● ASSIGNED TASK: In the listing below, find each line holding "supervisors" and copy it.

● AVAILABLE RECORDS:
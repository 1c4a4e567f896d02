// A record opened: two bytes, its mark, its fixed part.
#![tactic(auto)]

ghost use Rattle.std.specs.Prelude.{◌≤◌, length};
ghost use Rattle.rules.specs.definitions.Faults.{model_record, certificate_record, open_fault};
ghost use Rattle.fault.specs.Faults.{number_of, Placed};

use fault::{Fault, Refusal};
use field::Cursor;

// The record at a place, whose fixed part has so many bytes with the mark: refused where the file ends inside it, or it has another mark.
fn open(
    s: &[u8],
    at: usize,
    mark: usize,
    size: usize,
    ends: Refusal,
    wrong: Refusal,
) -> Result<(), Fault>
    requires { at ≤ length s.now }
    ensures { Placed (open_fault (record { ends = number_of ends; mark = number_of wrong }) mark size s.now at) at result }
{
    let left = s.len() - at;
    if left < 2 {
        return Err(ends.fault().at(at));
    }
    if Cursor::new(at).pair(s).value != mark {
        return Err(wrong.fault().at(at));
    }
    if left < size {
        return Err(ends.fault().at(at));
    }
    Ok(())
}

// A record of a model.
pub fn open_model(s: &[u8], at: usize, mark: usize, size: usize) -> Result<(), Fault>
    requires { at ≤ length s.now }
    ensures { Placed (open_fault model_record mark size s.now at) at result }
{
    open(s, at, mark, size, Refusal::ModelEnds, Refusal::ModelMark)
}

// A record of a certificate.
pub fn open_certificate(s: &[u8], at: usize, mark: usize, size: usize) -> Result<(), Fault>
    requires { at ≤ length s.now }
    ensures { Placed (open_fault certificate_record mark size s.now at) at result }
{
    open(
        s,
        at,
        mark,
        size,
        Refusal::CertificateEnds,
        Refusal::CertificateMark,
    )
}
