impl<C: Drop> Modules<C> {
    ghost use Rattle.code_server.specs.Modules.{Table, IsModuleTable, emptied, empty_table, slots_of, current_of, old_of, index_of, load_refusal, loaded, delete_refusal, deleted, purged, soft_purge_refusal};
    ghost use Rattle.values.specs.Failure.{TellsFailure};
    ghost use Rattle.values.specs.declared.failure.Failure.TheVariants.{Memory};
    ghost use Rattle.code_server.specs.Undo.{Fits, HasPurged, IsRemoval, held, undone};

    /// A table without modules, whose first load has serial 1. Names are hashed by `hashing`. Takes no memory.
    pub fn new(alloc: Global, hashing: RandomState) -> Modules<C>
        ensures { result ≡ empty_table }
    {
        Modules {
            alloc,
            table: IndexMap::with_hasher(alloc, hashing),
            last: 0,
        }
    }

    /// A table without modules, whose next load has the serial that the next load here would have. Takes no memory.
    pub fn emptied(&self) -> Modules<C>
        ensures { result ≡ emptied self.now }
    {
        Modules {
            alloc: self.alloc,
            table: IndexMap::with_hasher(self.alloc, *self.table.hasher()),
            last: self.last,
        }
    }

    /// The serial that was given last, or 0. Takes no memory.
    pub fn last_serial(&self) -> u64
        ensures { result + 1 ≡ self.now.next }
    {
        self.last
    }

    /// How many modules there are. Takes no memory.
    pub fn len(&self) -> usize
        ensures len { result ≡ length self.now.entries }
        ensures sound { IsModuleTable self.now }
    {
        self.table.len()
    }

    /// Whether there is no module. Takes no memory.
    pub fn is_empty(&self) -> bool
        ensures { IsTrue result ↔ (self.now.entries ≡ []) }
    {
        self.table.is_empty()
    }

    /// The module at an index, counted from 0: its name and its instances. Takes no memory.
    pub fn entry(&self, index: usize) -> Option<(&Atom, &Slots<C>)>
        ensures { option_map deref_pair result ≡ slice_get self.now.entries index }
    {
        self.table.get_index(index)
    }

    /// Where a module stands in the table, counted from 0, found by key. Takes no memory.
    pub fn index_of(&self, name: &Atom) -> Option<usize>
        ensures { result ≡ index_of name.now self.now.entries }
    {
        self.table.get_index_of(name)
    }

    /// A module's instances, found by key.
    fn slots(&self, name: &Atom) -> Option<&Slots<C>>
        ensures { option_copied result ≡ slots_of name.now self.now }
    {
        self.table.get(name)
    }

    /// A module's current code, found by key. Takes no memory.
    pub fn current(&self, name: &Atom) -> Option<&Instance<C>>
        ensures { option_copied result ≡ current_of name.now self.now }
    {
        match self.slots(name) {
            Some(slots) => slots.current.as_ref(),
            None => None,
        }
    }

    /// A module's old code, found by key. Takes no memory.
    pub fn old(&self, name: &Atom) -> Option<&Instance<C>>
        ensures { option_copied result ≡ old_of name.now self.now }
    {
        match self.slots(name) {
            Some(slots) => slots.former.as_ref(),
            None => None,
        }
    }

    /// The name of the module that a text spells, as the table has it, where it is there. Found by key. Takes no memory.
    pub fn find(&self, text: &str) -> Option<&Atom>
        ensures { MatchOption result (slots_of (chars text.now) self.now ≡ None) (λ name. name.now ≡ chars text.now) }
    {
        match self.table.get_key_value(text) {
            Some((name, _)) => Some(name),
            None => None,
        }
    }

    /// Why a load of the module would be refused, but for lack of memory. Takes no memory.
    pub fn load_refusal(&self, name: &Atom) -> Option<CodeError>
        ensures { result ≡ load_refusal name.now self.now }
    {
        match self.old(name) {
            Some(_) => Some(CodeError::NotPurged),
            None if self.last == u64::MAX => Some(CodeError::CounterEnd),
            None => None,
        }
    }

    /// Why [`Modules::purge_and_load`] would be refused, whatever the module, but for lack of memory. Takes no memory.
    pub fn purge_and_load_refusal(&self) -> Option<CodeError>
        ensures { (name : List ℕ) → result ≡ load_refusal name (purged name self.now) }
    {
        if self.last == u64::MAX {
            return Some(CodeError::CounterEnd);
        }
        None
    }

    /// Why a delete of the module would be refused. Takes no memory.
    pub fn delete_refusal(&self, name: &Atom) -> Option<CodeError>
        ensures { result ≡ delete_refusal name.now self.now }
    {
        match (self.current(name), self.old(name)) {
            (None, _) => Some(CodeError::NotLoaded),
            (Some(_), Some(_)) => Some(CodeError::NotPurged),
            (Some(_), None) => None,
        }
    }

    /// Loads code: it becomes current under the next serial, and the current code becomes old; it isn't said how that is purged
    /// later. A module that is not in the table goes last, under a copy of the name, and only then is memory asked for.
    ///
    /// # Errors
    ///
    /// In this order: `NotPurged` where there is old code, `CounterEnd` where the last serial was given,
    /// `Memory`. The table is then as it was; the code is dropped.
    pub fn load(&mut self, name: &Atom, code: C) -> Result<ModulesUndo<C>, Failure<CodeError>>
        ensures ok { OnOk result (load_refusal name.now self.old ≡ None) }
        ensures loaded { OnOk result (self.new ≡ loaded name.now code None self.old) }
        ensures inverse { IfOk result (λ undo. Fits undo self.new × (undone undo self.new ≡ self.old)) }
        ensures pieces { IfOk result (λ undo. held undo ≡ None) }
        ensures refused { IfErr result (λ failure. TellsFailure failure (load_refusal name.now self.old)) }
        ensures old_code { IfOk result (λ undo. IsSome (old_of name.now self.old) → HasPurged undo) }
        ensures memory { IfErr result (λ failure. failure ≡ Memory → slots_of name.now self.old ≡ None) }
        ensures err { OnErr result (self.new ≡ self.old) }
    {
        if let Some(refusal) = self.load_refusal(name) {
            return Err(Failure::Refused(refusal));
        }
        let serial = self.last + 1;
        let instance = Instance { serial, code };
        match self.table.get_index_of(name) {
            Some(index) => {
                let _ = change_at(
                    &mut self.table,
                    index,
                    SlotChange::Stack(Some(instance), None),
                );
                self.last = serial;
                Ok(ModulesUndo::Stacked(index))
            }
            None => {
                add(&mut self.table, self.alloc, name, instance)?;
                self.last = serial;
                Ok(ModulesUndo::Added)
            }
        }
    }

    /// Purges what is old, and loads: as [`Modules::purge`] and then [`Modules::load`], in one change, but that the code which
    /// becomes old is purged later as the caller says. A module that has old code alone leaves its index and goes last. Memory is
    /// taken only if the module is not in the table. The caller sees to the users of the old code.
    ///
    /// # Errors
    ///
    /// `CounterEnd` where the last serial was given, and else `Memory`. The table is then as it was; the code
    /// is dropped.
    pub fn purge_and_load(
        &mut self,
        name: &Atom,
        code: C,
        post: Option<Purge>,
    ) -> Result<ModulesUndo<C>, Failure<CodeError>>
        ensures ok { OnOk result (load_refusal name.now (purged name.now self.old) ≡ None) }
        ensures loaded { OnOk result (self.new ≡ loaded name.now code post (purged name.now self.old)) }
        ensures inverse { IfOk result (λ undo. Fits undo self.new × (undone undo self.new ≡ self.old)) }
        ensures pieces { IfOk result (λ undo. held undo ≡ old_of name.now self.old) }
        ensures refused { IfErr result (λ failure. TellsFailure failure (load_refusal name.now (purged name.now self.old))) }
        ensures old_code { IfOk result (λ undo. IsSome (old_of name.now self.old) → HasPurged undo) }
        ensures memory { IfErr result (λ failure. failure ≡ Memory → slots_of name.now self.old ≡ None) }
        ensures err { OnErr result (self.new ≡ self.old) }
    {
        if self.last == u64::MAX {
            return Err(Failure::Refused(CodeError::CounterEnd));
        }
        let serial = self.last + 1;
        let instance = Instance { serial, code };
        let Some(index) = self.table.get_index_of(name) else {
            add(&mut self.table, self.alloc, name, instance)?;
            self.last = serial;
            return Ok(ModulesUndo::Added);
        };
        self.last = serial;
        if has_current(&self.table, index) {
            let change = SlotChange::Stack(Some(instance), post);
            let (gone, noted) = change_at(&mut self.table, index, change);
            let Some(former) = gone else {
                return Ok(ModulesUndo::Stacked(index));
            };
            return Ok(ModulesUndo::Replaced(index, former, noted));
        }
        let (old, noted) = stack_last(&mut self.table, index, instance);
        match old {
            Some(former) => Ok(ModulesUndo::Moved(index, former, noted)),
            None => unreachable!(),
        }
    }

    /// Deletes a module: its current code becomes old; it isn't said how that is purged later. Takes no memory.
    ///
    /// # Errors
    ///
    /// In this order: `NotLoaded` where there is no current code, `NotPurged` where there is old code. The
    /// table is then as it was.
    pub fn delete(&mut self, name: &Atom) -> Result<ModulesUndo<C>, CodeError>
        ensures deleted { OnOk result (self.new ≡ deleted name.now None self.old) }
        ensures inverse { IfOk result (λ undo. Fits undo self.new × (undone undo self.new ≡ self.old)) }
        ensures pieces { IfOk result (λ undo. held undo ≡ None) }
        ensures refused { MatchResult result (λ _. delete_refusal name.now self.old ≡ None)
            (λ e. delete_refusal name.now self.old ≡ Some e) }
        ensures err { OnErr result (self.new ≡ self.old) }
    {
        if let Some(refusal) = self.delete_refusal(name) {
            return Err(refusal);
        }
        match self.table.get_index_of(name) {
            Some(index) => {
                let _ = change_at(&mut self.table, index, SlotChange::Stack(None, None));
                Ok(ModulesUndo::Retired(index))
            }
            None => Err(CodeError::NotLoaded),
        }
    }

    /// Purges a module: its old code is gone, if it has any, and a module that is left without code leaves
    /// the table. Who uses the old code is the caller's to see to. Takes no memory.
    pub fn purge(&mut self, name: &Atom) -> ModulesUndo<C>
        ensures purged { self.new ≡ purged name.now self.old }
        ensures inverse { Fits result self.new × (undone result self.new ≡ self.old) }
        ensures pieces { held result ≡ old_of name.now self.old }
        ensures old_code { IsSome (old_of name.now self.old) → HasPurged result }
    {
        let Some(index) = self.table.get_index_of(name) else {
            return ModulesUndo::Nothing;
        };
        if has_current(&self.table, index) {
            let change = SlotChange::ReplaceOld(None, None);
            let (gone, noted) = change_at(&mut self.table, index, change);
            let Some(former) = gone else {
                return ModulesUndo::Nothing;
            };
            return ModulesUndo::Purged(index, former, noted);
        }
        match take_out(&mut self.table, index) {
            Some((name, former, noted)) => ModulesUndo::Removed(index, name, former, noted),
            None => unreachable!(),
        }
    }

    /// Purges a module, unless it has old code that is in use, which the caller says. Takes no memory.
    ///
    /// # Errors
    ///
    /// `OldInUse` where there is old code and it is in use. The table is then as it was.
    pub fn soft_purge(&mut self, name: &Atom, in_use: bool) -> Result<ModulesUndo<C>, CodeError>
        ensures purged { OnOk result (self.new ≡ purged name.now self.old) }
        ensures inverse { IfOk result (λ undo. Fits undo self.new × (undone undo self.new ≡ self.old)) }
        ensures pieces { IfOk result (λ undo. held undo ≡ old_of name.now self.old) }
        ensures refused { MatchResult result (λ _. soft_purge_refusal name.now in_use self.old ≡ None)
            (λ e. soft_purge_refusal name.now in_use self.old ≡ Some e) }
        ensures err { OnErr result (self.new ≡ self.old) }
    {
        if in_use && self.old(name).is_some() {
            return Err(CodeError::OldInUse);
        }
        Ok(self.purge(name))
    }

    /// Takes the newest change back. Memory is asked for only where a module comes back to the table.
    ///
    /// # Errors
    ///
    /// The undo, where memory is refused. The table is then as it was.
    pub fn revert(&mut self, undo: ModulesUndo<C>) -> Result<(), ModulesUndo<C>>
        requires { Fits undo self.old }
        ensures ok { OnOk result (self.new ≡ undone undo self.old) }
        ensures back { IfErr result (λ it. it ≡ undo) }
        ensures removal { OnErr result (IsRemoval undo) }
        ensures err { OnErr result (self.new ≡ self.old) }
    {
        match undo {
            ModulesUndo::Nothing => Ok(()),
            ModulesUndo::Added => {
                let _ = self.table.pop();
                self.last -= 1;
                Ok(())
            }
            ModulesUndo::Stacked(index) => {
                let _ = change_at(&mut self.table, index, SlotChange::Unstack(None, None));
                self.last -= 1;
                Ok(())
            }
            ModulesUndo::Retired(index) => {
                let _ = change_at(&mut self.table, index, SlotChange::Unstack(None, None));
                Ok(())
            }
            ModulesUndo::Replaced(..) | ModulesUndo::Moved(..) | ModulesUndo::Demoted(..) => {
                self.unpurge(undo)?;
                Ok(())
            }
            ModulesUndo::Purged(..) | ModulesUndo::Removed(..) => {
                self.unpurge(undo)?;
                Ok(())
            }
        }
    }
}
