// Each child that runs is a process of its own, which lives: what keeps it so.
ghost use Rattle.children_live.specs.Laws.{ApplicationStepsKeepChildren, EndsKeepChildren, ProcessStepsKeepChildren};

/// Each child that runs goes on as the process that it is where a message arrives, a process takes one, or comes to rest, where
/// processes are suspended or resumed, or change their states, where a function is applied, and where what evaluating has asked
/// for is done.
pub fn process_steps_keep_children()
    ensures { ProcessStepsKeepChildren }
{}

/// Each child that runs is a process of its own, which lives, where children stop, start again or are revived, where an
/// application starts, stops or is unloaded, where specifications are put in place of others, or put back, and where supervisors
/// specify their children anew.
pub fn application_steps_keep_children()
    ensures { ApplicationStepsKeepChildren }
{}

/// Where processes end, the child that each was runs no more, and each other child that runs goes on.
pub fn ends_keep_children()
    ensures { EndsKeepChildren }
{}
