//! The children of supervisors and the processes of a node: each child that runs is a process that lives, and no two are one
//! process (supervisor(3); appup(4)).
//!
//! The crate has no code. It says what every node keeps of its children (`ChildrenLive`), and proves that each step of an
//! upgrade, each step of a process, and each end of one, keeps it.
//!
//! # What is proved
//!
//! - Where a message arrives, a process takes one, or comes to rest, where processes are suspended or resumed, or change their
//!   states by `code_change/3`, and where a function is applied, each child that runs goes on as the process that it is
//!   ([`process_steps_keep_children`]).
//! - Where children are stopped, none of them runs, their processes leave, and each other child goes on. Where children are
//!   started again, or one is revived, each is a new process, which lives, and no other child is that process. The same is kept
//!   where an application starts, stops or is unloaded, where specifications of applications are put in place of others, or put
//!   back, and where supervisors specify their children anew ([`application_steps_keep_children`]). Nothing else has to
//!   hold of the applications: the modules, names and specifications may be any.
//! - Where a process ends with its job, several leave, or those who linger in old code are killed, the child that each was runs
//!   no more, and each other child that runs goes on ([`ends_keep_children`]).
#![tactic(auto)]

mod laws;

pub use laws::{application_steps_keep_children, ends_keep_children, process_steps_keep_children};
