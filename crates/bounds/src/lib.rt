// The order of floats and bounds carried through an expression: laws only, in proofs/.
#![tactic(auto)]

● SOLUTION FOR THIS TASK:
/// application starts, stops or is unloaded, where specifications are put in place of others, or put back, and where supervisors
//! The children of supervisors and the processes of a node: each child that runs is a process that lives, and no two are one
//!   back, and where supervisors specify their children anew ([`application_steps_keep_children`]). Nothing else has to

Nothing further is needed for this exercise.